By Carly Flumer
I put on a brave smile when the radiologist told me that I had cancer, a diagnosis he reassuringly stated that less than 15% of his patients had a chance of receiving just a week prior when he had done my ultrasound. As he went over my next steps, I held back tears knowing that my life had changed forever. I walked out of the office, tears streaming down my face. I sat in my car wondering who I should call first. It had to be my mom. I asked her if she was sitting down, and her voice immediately changed tone. I said, “I have cancer,” for the first time in my life. I couldn’t believe the words that were escaping my mouth, but my mom, being the strong-willed woman that she is, reassured me that we were going to get through it.
I continued to share my diagnosis with my dad, my brothers, and a few close friends, each time uttering the words, “I have cancer,” bringing my mental state down with it. I hesitated sharing on social media, even though I knew relatives would find out eventually. As a chronic sufferer of depression and anxiety, my main focus had not been on my cancer diagnosis but feeling like a burden on others once they found out. I felt like I already had so many other problems that I consistently “bothered” people with. I didn’t want me having cancer to be the icing on the cake knowing that they now had to feel sorry for me.
I continued living my life as normal, seeing that I had no side effects.

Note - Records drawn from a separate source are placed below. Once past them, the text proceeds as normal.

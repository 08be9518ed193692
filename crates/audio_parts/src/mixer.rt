//! The part of a mixer: the samples of its inputs are weighted, summed, and clamped for its output.

ghost use Rattle.std.specs.Prelude.{◌≡◌, ℕ, ◌+◌, ◌*◌, ◌<◌, ◌≤◌, Bool, true, false, List, [], ◌∷◌, All, length, take, map, replicate, slice_set, nat_lt, if◌then◌else◌, vec_len, unsigned_abs, count_by, slice_index_or, IfOk, None, pos};
ghost use Rattle.std.specs.Simd.Lanes.{zip2};
ghost use Rattle.omx_types.specs.Formats.{channels_of};
ghost use Rattle.omx_types.specs.declared.kind.Kind.TheVariants as kinds;
ghost use Rattle.pcm_ops.specs.Samples.{samples, bytes, mixed, clamped, IsSum};
ghost use Rattle.part_forms.specs.Mixing.{mixing, Carries};
ghost use Rattle.audio_parts.specs.Ready.{IsReady};

use crate::OutOfMemory;
use omx_types::{Format, PartFault};
use part_api::Part;
use pcm_ops::{clamp_into, mix_into};
use std::alloc::Global;

/// The most samples of a step.
const STEP_SAMPLES: usize = 4096;

/// The weighted sum of its inputs, clamped.
#[derive(Drop)]
pub struct Mixer {
    /// The formats of its inputs and its output.
    inputs: Vec<Format>,
    output: Format,
    /// One for each input.
    weights: Vec<u32>,
    /// Which inputs were taken in this step.
    taken: Vec<bool>,
    sums: Vec<i32>,
    /// The frames of the step, and their samples.
    frames: u32,
    count: usize,
    ghost formats: { vec_len inputs ≡ vec_len weights },
    ghost flags: { vec_len taken ≡ vec_len weights },
    ghost some: { 1 ≤ vec_len weights },
    ghost not_many: { vec_len weights ≤ 8 },
    ghost small: { All (λ weight. weight ≤ 65535) weights.items },
    ghost sums_room: { vec_len sums ≡ 4096 },
    ghost few: { count ≤ 4096 },
    ghost bounded: { All (λ sum. unsigned_abs sum ≤ 524280 * count_by (λ is_taken. is_taken) taken.items) (take count sums.items) },
}

/// Adds the weighted samples of a piece to the sums of a step.
fn mix_front(sums: &mut [i32], piece: &[u8], weight: u32, count: usize)
    requires small { weight ≤ 65535 }
    requires piece { length piece.now ≡ count * 2 }
    requires sums { count ≤ length sums.old }
    requires room { All IsSum (take count sums.old) }
    ensures value { take count sums.new ≡ zip2 (mixed weight) (take count sums.old) (samples piece.now) }
    ensures grows { (b : ℕ) → All (λ s. unsigned_abs s ≤ b) (take count sums.old) → All (λ s. unsigned_abs s ≤ b + 524280) (take count sums.new) }
{
    mix_into(&mut sums[..count], piece, weight);
}

/// The bytes of the clamped sums of a step.
fn put_front(sums: &[i32], count: usize, piece: &mut [u8])
    requires sums { count ≤ length sums.now }
    requires piece { length piece.old ≡ count * 2 }
    ensures { piece.new ≡ bytes (map clamped (take count sums.now)) }
{
    clamp_into(&sums[..count], piece);
}

fn clear_sums(sums: &mut [i32], count: usize)
    requires { count ≤ length sums.old }
    ensures { take count sums.new ≡ replicate count (pos 0) }
{
    sums[..count].fill(0);
}

impl Mixer {
    /// A mixer with a weight for each input.
    pub(crate) fn new(
        alloc: Global,
        inputs: Vec<Format>,
        output: Format,
        weights: Vec<u32>,
    ) -> Result<Mixer, OutOfMemory>
        requires some { 1 ≤ vec_len weights }
        requires inputs { vec_len weights ≤ 8 }
        requires formats { vec_len inputs ≡ vec_len weights }
        requires small { All (λ weight. weight ≤ 65535) weights.items }
        ensures weights { IfOk result (λ mixer. mixer.weights.items ≡ weights.items) }
        ensures inputs { IfOk result (λ mixer. mixer.inputs.items ≡ inputs.items) }
        ensures output { IfOk result (λ mixer. mixer.output ≡ output) }
    {
        let taken = vec![in alloc; false; weights.len()]?;
        Ok(Mixer {
            inputs,
            output,
            weights,
            taken,
            sums: vec![in alloc; 0; STEP_SAMPLES]?,
            frames: 0,
            count: 0,
        })
    }

    pub(crate) fn inputs(&self) -> u32
        ensures { result ≡ length self.now.weights.items }
    {
        self.weights.len() as u32
    }

    /// The bytes of a frame of each port.
    pub(crate) fn frame(&self) -> usize
        ensures { result ≡ channels_of self.now.output * 2 }
    {
        self.output.channels() as usize * 2
    }

    /// Sets the format of a port.
    pub(crate) fn set_format(&mut self, port: u32, format: Format)
        requires { port < vec_len self.old.inputs + 1 }
        ensures inputs { self.new.inputs.items ≡ (if nat_lt port (length self.old.inputs.items) then slice_set self.old.inputs.items port format else self.old.inputs.items) }
        ensures output { self.new.output ≡ (if nat_lt port (length self.old.inputs.items) then self.old.output else format) }
        ensures weights { self.new.weights.items ≡ self.old.weights.items }
    {
        let at = port as usize;
        if at < self.inputs.len() {
            self.inputs[at] = format;
        } else {
            self.output = format;
        }
    }

    /// Sets the weight of an input.
    pub(crate) fn set_weight(&mut self, input: u32, weight: u32)
        requires input { input < vec_len self.old.weights }
        requires small { weight ≤ 65535 }
        ensures weights { self.new.weights.items ≡ slice_set self.old.weights.items input weight }
        ensures inputs { self.new.inputs.items ≡ self.old.inputs.items }
        ensures output { self.new.output ≡ self.old.output }
    {
        self.weights[input as usize] = weight;
    }
}

impl Part for Mixer {
    ghost shape = { λ mixer. mixing (channels_of mixer.output) mixer.weights.items };

    ghost sizes = { λ mixer. record { frames = mixer.frames; input = mixer.count * 2; output = mixer.count * 2 } };

    ghost carries = { λ mixer incoming. Carries mixer.weights.items mixer.taken.items mixer.count (take mixer.count mixer.sums.items) incoming };

    ghost terms = { λ mixer. record { kind = kinds.Mixer (vec_len mixer.weights); inputs = mixer.inputs.items; outputs = mixer.output ∷ []; factors = mixer.weights.items; file = None } };

    ghost failed = { λ mixer. false };

    ghost is_ready = { λ mixer. IsReady (record { kind = kinds.Mixer (vec_len mixer.weights); inputs = mixer.inputs.items; outputs = mixer.output ∷ []; factors = mixer.weights.items; file = None }) false };

    ghost can_take = { λ mixer input. (input < length mixer.weights.items) × (slice_index_or mixer.taken.items input true ≡ false) };

    ghost can_put = { λ mixer output. output < 1 };

    ghost can_step = { λ part. Unit {0} };

    ghost rest = { λ part. None };

    ghost left = { λ part. None };

    ghost kept = { λ mixer. None };

    ghost writing = { λ mixer. None };

    ghost writes = { λ mixer incoming. [] };

    ghost has_cause = { λ old new fault. ⊥ };

    // It has no file.
    ghost keeps = { λ old new. Unit {0} };

    ghost shows = { λ old new fault. ⊥ };

    fn begin(&mut self, frames: u32) {
        self.frames = frames;
        self.count = (frames * self.output.channels()) as usize;
        self.taken.fill(false);
        clear_sums(&mut self.sums, self.count);
    }

    fn take(&mut self, input: u32, piece: &[u8]) {
        let at = input as usize;
        self.taken[at] = true;
        mix_front(&mut self.sums, piece, self.weights[at], self.count);
    }

    fn step(&mut self) -> Option<PartFault> {
        None
    }

    fn put(&mut self, _output: u32, piece: &mut [u8]) {
        put_front(&self.sums, self.count, piece);
    }

    fn joins(&self) {}
}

I did basic research on thyroid cancer, but questions normally asked when receiving such a serious diagnosis, such as, “What stage do I have?”, “What’s my prognosis?”, and, “How did I even get cancer in the first place with no family history?” never crossed my mind. I was too focused on going through my next steps, including a partial thyroidectomy, to remove the side of my thyroid that had cancer. I was too focused on reaching the finish line where I could declare myself a cancer survivor.
After my first surgery in May of 2017, I knew I seeing the light at the end of the tunnel. That all changed two days after later when I received a phone call from my surgeon. He said that after getting the results back from the pathology lab, it turned out my cancer had spread to approximately 90% of my lymph nodes. The best route, then, would be to remove the other side of my thyroid and undergo radioactive iodine treatment. As he spoke to me on the phone, I quietly cried, my voice quivering. I hung up, knowing that the light was far from being seen. I was in a tunnel that just kept going.
Two months later, I had my second surgery. It almost looked as if I had tried to commit suicide twice without succeeding, which is I sometimes felt. I scheduled the radioactive iodine procedure a few months later, knowing that after the radiation hit my cells, my cancer would be gone and I could finally declare myself a survivor.
It has been a year since I was first diagnosed. My blood work has been showing improvements, and my scar is almost invisible. However, a recent conversation with a physician opened my eyes a little from the rose-colored, or in this case, foggy, glasses I had been wearing. She reminded me that once you are diagnosed with a disease such as cancer, it is forever a part of your life. Of course one can enter the stage of “remission,” which the National Cancer Institute defines as, “A decrease in or disappearance of signs and symptoms of cancer.”1 While I realized this, what I hadn’t realized, or perhaps forgotten, was that the cancer could always come back once I’m cleared.
This changed my recent outlook. As a cancer patient, I often hear stories across the news and social media of how people have survived cancer. However, is one ever truly a “survivor?” I suppose it depends on how you look at it. From my perspective, I was able to take a potentially fatal disease and make it a positive aspect in my life. I think that is the true and pure definition of survivalism. I am a cancer survivor.